Sean kept the excitement out of his voice. “Go on,” he said.
“Well, first thing is, it was a chick. She was a journalist for Esquire, I think. I remembered because she had come out here to write an article about Al McClane, the fishing editor of Field & Stream. Told me he was supposed to have been a Cold War spy, that all the fishing trips were just a cover. Talked as if she’d met him before. ‘Al this, Al that.’ He used to rent out a cabin on the Madison. I guided him a couple times. He was so good, it was like he caught trout as an afterthought. Like, he’d be talking to you about wine or some shit—he was a gourmet cook—and then he’d make a cast and catch a fish, and then go back to whatever he was talking about. A fucking trout wizard.”

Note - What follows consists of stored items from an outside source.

//! A case, and how it ends.

use crate::end::End;
use crate::escape::unescaped;
use crate::files::{add_bytes, change, fronted, lines_of};
use crate::table::{Row, Side};
use std::alloc::{AllocError, Global};
use std::{fs, io};
use zac_flow::run;
use zac_gates::{Bytes, List};
use zac_io::{MemShelf, MemSink};
use zac_watch::{Counter, Kind, Watch};

/// How many bytes a sink takes where no row says it.
const ROOM: usize = 16_777_216;

/// A command, the files of its shelf, the watches of its panel, which calls fail, and how much room there is.
#[derive(Drop)]
pub struct Case {
    words: String,
    files: Vec<(Vec<u8>, Vec<u8>)>,
    kinds: Vec<Kind>,
    shelf: Vec<u64>,
    out: Vec<u64>,
    err: Vec<u64>,
    room: usize,
    fronts: Option<String>,
}

impl Case {
    /// A case with these words, no file, an empty panel, and no call that fails.
    pub fn new(alloc: Global, words: &str) -> Result<Case, AllocError> {
        Ok(Case {
            words: words.to_string(alloc)?,
            files: Vec::new(alloc),
            kinds: Vec::new(alloc),
            shelf: Vec::new(alloc),
            out: Vec::new(alloc),
            err: Vec::new(alloc),
            room: ROOM,
            fronts: None,
        })
    }

    /// Adds a row. False where no case has such a row, a text has an escape that is none, a number is no line of its file, a
    /// kind is none, or what is to be changed isn't there.
    pub fn add(&mut self, rt: &HostRuntime, row: Row<'_>) -> io::Result<bool> {
        match row {
            Row::Bytes { name, times, text } => self.add_text(rt.alloc(), name, times, text),
            Row::File { name, path } => {
                let bytes = fs::read(rt, path)?;
                add_bytes(rt.alloc(), &mut self.files, name, bytes.as_slice())?;
                Ok(true)
            }
            Row::Lines {
                name,
                path,
                numbers,
            } => self.add_lines(rt, name, path, numbers),
            Row::Change { name, old, new } => self.change(rt.alloc(), name, old, new),
            Row::Fail { side, call } => {
                self.fail(side, call)?;
                Ok(true)
            }
            Row::Room(room) => {
                self.room = room;
                Ok(true)
            }
            Row::Panel(names) => self.add_watches(names),
            Row::Fronts(name) => {
                self.fronts = Some(name.to_string(rt.alloc())?);
                Ok(true)
            }
            _ => Ok(false),
        }
    }

    /// Adds a text to a file so many times.
    fn add_text(&mut self, alloc: Global, name: &str, times: u32, text: &str) -> io::Result<bool> {
        let Some(bytes) = unescaped(alloc, text)? else {
            return Ok(false);
        };
        for _ in 0..times {
            add_bytes(alloc, &mut self.files, name, bytes.as_slice())?;
        }
        Ok(true)
    }

    /// Adds lines of a real file to a file.
    fn add_lines(
        &mut self,
        rt: &HostRuntime,
        name: &str,
        path: &str,
        numbers: &str,
    ) -> io::Result<bool> {
        let bytes = fs::read(rt, path)?;
        match lines_of(rt.alloc(), bytes.as_slice(), numbers)? {
            Some(lines) => {
                add_bytes(rt.alloc(), &mut self.files, name, lines.as_slice())?;
                Ok(true)
            }
            None => Ok(false),
        }
    }

    /// Changes a file where a text stands in it first.
    fn change(&mut self, alloc: Global, name: &str, old: &str, new: &str) -> io::Result<bool> {
        let (Some(old), Some(new)) = (unescaped(alloc, old)?, unescaped(alloc, new)?) else {
            return Ok(false);
        };
        Ok(change(alloc, &mut self.files, name, old.as_slice(), new.as_slice())?)
    }

    /// Adds watches of these kinds to the panel.
    fn add_watches(&mut self, names: &str) -> io::Result<bool> {
        for name in names.split_whitespace() {
            let Some(kind) = kind_named(name) else {
                return Ok(false);
            };
            self.kinds.push(kind)?;
        }
        Ok(true)
    }

    /// Has a call fail on a side.
    fn fail(&mut self, side: Side, call: u64) -> Result<(), AllocError> {
        match side {
            Side::Shelf => self.shelf.push(call)?,
            Side::Out => self.out.push(call)?,
            Side::Err => self.err.push(call)?,
        }
        Ok(())
    }

    /// Runs the case, and prints how it ends.
    pub fn run(&self, rt: &HostRuntime) -> io::Result<()> {
        println!(rt; "case {}", self.words)?;
        match &self.fronts {
            None => match self.end(rt.alloc(), self.copied(rt.alloc())?)? {
                Some(end) => end.print(rt),
                None => println!(rt; "no memory for the sinks"),
            },
            Some(name) => self.run_fronts(rt, name.as_str()),
        }
    }

    /// Runs the case with each front of a file, the empty one and the whole file too, and prints the ends that aren't as the one
    /// before.
    fn run_fronts(&self, rt: &HostRuntime, name: &str) -> io::Result<()> {
        let mut last: Option<End> = None;
        let mut fronts = 1;
        for (known, held) in &self.files {
            if known.as_slice() == name.as_bytes() {
                fronts = held.len().saturating_add(1);
            }
        }
        for front in 0..fronts {
            let files = fronted(rt.alloc(), &self.files, name, front)?;
            let Some(end) = self.end(rt.alloc(), files)? else {
                return println!(rt; "no memory for the sinks");
            };
            let is_known = match &last {
                Some(before) => before.is_as(&end),
                None => false,
            };
            if !is_known {
                println!(rt; "  from {front} bytes of {name} on")?;
                end.print(rt)?;
                last = Some(end);
            }
        }
        Ok(())
    }

    /// The files, copied.
    fn copied(&self, alloc: Global) -> Result<List<(Bytes, Bytes)>, AllocError> {
        fronted(alloc, &self.files, "", 0)
    }

    /// How the case ends over these files. None without memory for the sinks.
    fn end(&self, alloc: Global, files: List<(Bytes, Bytes)>) -> Result<Option<End>, AllocError> {
        let words = words_of(alloc, self.words.as_str())?;
        let mut shelf = MemShelf::new(files, List::of(self.shelf.clone()?));
        let out = MemSink::new(alloc, self.room, List::of(self.out.clone()?));
        let err = MemSink::new(alloc, ROOM, List::of(self.err.clone()?));
        let (Ok(mut out), Ok(mut err)) = (out, err) else {
            return Ok(None);
        };
        let mut panel: Vec<Box<dyn Watch>> = Vec::new(alloc);
        for kind in &self.kinds {
            panel.push(Box::new(alloc, Counter::new(*kind))?)?;
        }
        let words = words.as_slice();
        let status = run(alloc, words, &mut shelf, &mut out, &mut err, &mut panel);
        let mut sums = Vec::new(alloc);
        for watch in &panel {
            sums.push((watch.kind().name(), watch.sum()))?;
        }
        Ok(Some(End {
            status: status.code(),
            out: out.bytes().to_vec(alloc)?,
            err: err.bytes().to_vec(alloc)?,
            sums,
        }))
    }
}

/// The kind of this name.
fn kind_named(name: &str) -> Option<Kind> {
    match name {
        "gates" => Some(Kind::Gates),
        "moves" => Some(Kind::Moves),
        "pairs" => Some(Kind::Pairs),
        "picks" => Some(Kind::Picks),
        "pulses" => Some(Kind::Pulses),
        "reads" => Some(Kind::Reads),
        _ => None,
    }
}

/// The words of a line.
fn words_of(alloc: Global, line: &str) -> Result<Vec<String>, AllocError> {
    let mut words = Vec::new(alloc);
    for word in line.split_whitespace() {
        words.push(word.to_string(alloc)?)?;
    }
    Ok(words)
}
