//! The laws of a journal that is done again, each as the contract of a function with nothing to do.
ghost use Rattle.std.specs.Prelude.{◌≡◌, ◌∷◌, ◌≤◌, ℕ, List, [], Option, None, Result, length, map, true};
ghost use Rattle.std.specs.List.{list_all};
ghost use Rattle.rand_core.specs.Stream.{Stream};
ghost use Rattle.tpcc_draws.specs.declared.cards.Card.{Card};
ghost use Rattle.tpcc_rows.specs.declared.transactions.entry.Entry.{Entry};
ghost use Rattle.tpcc_rows.specs.declared.transactions.requests.Request.{Request};
ghost use Rattle.tpcc_book.specs.Past.{Past};
ghost use Rattle.tpcc_population.specs.declared.opening.Opening.{Opening};
ghost use Rattle.tpcc_population.specs.Opening.{opening_rows};
ghost use Rattle.tpcc_terminal.specs.declared.home.Home.{Home};
ghost use Rattle.tpcc_terminal.specs.Cards.{drawn_draft, request_of};
ghost use Rattle.tpcc_text.specs.RequestLines.{journal_lines, request_line};
ghost use Rattle.tpcc_text.specs.declared.script.call.Call.TheVariants.{Ask};
ghost use Rattle.tpcc_text.specs.declared.script.fault.ScriptFault.{ScriptFault};
ghost use Rattle.tpcc_text.specs.declared.script.limits.TheConstants.{MOST_LINES};
ghost use Rattle.tpcc_theorems.specs.Again.{IsDoneAgain, IsSameAgain, IsWritable, left_again, screens_again, script_again};
ghost use Rattle.tpcc_script.specs.ScriptBook.{ScriptBook};
ghost use Rattle.tpcc_script.specs.Run.{IsRun};
ghost use Rattle.tpcc_text.specs.Sayable.{has_letters, is_sayable};
ghost use Rattle.tpcc_text.specs.Script.{is_last_name, script_of};
ghost use Rattle.tpcc_script.specs.Session.{opened_book};

/// A kept book's journal, read again as a script at the book's opening, names no fault, and its screens and the book behind
/// them are those of the stored replies: the same rows and queue, and each entry's request and reply. A book is writable that
/// has at most 1,000,000 entries, whose requests have names of letters.
pub fn journal_is_done_again()
    ensures whole { (book : Past) → IsWritable book → (script_again book).fault ≡ None }
    ensures same { (book : Past) → IsWritable book
        → IsSameAgain book (screens_again book) (left_again book) }
{}

/// Whatever `run_script` does with that script: where it ends it has written just these screens and left
/// that book, or some request was refused for want of memory; no fault of the text stops it.
pub fn journal_runs_again()
    ensures { (book : Past) (old new : Option (List ℕ)) (left : ScriptBook)
        (result : Result (Unit {0}) ScriptFault)
        → IsWritable book → IsRun (opened_book book.opening) (script_again book) old new left result
        → IsDoneAgain book old new left result }
{}

/// Every opening's customers, and those that a terminal's cards name, have last names of 1 to 16 letters A to Z (4.3.2.3), whatever
/// is drawn: so a line of a script can say each of their requests.
pub fn names_are_letters()
    ensures openings { (opening : Opening)
        → list_all (λ c. is_last_name c.last) (opening_rows opening).customers ≡ true }
    ensures terminals { (home : Home) (moment : ℕ) (card : Card) (s : Stream)
        → has_letters (request_of home moment (drawn_draft home card s).0) ≡ true }
{}
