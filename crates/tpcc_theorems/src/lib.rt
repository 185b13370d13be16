//! What follows from the definitions and is no code: a journal that is given to a script again leads to the same screens and the same
//! book, whoever runs it; and worked values of the definitions, computed.
//!
//! Each law is the contract of a function with nothing to do. `proofs/` has the worked values: amounts, the plain opening, each
//! transaction on small rows, what refuses it, the screens and whole scripts, and wrong bodies that the definitions refuse.
#![tactic(auto)]

mod replayed_scripts;

pub use replayed_scripts::{journal_is_done_again, journal_runs_again, names_are_letters};
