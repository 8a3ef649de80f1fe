// The lines of a run, printed into a lent buffer.
ghost use Rattle.std.specs.Prelude.{◌≡◌, ◌≤◌, ◌%◌, [], ◌∷◌, ◌++◌, length};
ghost use Rattle.rules.specs.Trace as rules;
ghost use Rattle.std.specs.Fmt as text;

use rules::Refusal;

// A refusal, and the place of the record that met it.
#[derive(Clone, Copy, PartialEq, Eq, Debug)]
pub struct Refused {
    pub refusal: Refusal,
    pub place: usize,
}

// A line that is printed, without its newline.
#[derive(Clone, Copy, PartialEq, Eq, Debug)]
pub enum Line<'a> {
    // `+ time edges`
    Advanced { time: u64, edges: u64 },
    // `R port byte`
    Read { port: u16, byte: u8 },
    // `W port byte`
    Wrote { port: u16, byte: u8 },
    // `I vector`
    Acknowledged(u8),
    // `Q tick`
    Queued(u64),
    // `# text`
    Note(&'a [u8]),
    // `! number layer place`
    Refused(Refused),
    // `. records`
    Records(usize),
}

// Borrows a buffer, and prints into it from its start on. What finds no room is dropped. The place stands beside the whole
// buffer, since a run answers it.
// Nothing is printed by `write!`: that may answer an error, and then promises nothing of what was printed.
#[derive(Drop)]
pub struct Output<'a> {
    bytes: &'a mut [u8],
    place: usize,
    ghost within: { place ≤ length bytes.now },
}

// The upper-case hexadecimal digit of the lowest four bits.
fn hex_digit(n: u8) -> u8
    ensures { result ≡ rules.hex_digit (n % 16) }
{
    b"0123456789ABCDEF"[usize::from(n % 16)]
}

impl<'a> Output<'a> {
    ghost use Rattle.lines.specs.Printing.{Printed, bytes_of, room_of, line_bytes};

    // Stands at the start of the buffer.
    pub fn new(bytes: &'a mut [u8]) -> Output<'a>
        ensures bytes { bytes_of result ≡ bytes.old }
        ensures place { result.place ≡ 0 }
        ensures lender { result.bytes.ghost_name ≡ bytes.entry.ghost_name }
    {
        Output { bytes, place: 0 }
    }

    // How many bytes were printed.
    pub fn place(&self) -> usize
        ensures { result ≡ self.now.place }
    {
        self.place
    }

    // How many bytes can still be printed.
    pub fn room(&self) -> usize
        ensures { result ≡ room_of self.now }
    {
        self.bytes.len() - self.place
    }

    // Prints the text, as far as there is room. That the parts of a line make the whole is an answer for each function below: the
    // lemma `printed_then`, named on them for the check, closed none of these goals.
    fn text(&mut self, text: &[u8])
        ensures { Printed self.old text.now self.new }
    {
        let len = text.len().min(self.room());
        let end = self.place + len;
        self.bytes[self.place..end].copy_from_slice(&text[..len]);
        self.place = end;
    }

    // Numbers are printed byte by byte, so a byte is stored by itself: copying a text of one byte is a call to copy memory.
    fn byte(&mut self, byte: u8)
        ensures { Printed self.old (byte ∷ []) self.new }
    {
        if self.place < self.bytes.len() {
            self.bytes[self.place] = byte;
            self.place += 1;
        }
    }

    // The digits in front of the last one are printed first.
    fn decimal(&mut self, n: u64)
        ensures { Printed self.old (text.decimal n) self.new }
    {
        if n >= 10 {
            self.decimal(n / 10);
        }
        self.byte(b'0' + (n % 10) as u8);
    }

    fn hex_byte(&mut self, byte: u8)
        ensures { Printed self.old (rules.hex_byte byte) self.new }
    {
        self.byte(hex_digit(byte / 16));
        self.byte(hex_digit(byte));
    }

    fn hex_port(&mut self, port: u16)
        ensures { Printed self.old (rules.hex_port port) self.new }
    {
        let [high, low] = port.to_be_bytes();
        self.hex_byte(high);
        self.hex_byte(low);
    }

    // How a line starts.
    fn mark(&mut self, mark: u8)
        ensures { Printed self.old (mark ∷ rules.space ∷ []) self.new }
    {
        self.byte(mark);
        self.byte(b' ');
    }

    fn access(&mut self, mark: u8, port: u16, byte: u8)
        ensures { Printed self.old (rules.access_line mark port byte) self.new }
    {
        self.mark(mark);
        self.hex_port(port);
        self.byte(b' ');
        self.hex_byte(byte);
        self.byte(b'\n');
    }

    // A mark and one number.
    fn counted(&mut self, mark: u8, n: u64)
        ensures { Printed self.old (mark ∷ rules.space ∷ (text.decimal n ++ (rules.newline ∷ []))) self.new }
    {
        self.mark(mark);
        self.decimal(n);
        self.byte(b'\n');
    }

    fn advanced(&mut self, time: u64, edges: u64)
        ensures { Printed self.old (rules.advance_line time edges) self.new }
    {
        self.mark(b'+');
        self.decimal(time);
        self.byte(b' ');
        self.decimal(edges);
        self.byte(b'\n');
    }

    // `! number layer place`
    pub fn refused(&mut self, refusal: Refusal, place: usize)
        ensures { Printed self.old (rules.refusal_line refusal place) self.new }
    {
        self.mark(b'!');
        self.decimal(u64::from(refusal.number()));
        self.byte(b' ');
        self.byte(refusal.layer().letter());
        self.byte(b' ');
        self.decimal(place as u64);
        self.byte(b'\n');
    }

    fn note(&mut self, text: &[u8])
        ensures { Printed self.old (rules.note_line text.now) self.new }
    {
        self.mark(b'#');
        self.text(text);
        self.byte(b'\n');
    }

    fn acknowledged(&mut self, vector: u8)
        ensures { Printed self.old (rules.vector_line vector) self.new }
    {
        self.mark(b'I');
        self.hex_byte(vector);
        self.byte(b'\n');
    }

    // `. records`
    pub fn records(&mut self, count: usize)
        ensures { Printed self.old (rules.count_line count) self.new }
    {
        self.counted(b'.', count as u64);
    }

    // Prints a line and its newline, as far as there is room.
    pub fn line(&mut self, line: Line<'_>)
        ensures { Printed self.old (line_bytes line.entry) self.new }
    {
        match line {
            Line::Advanced { time, edges } => self.advanced(time, edges),
            Line::Read { port, byte } => self.access(b'R', port, byte),
            Line::Wrote { port, byte } => self.access(b'W', port, byte),
            Line::Acknowledged(vector) => self.acknowledged(vector),
            Line::Queued(tick) => self.counted(b'Q', tick),
            Line::Note(text) => self.note(text),
            Line::Refused(Refused { refusal, place }) => self.refused(refusal, place),
            Line::Records(count) => self.records(count),
        }
    }
}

“How could you forget a story like that?”
“I didn’t forget that story. What I forgot was, this woman had told me this other story about meeting Ernest Hemingway’s son. The oldest one, Jack. She said he was the real fisherman in the family, and it was him who told her the story of his dad’s tackle getting lost.”
“What can you remember?”
“Not a goddamn thing. I was more interested in the Al McClane connection. Ernest Hemingway, that didn’t mean much to me. But she was a looker, so I was probably looking at her boobs while she talked.”
“What was her name?”
“I can’t remember. I drove all the way home, Bridger to Ennis, I just can’t bring it back. I have a vague recollection it was initials, not like a whole name.”
“Do you have guide records going that far back?”
“I was afraid you were going to say that. Yeah, I got my journals. But I’d have to do some digging, ’cause they’re sort of unorganized. Shit, you know me.”
“I do. I’ll be there at eight tomorrow morning to help. Does Molly have coffee or should I stop at Lookers and Lattes?”
“Just because we don’t drink doesn’t mean we don’t drink coffee. But hold off ’til nine. Sarah’s not sleeping through the night yet and sometimes that couple hours, six to eight or nine, that’s the only time we have any peace.”
—
Sean dressed for his date with Martha in clean jeans and a snap-up shirt, what passed for black tie in Montana, and she walked out the door, waving as he drove up. He got out to hold the door for her.
“You’re all tricked out, Martha. I hardly recognize you without your duty belt.”
“I slipped my Walther PPS in my boot.”
She turned her calf, showing him her boots with the roses.
“Armed and beautiful, that’s my girl.”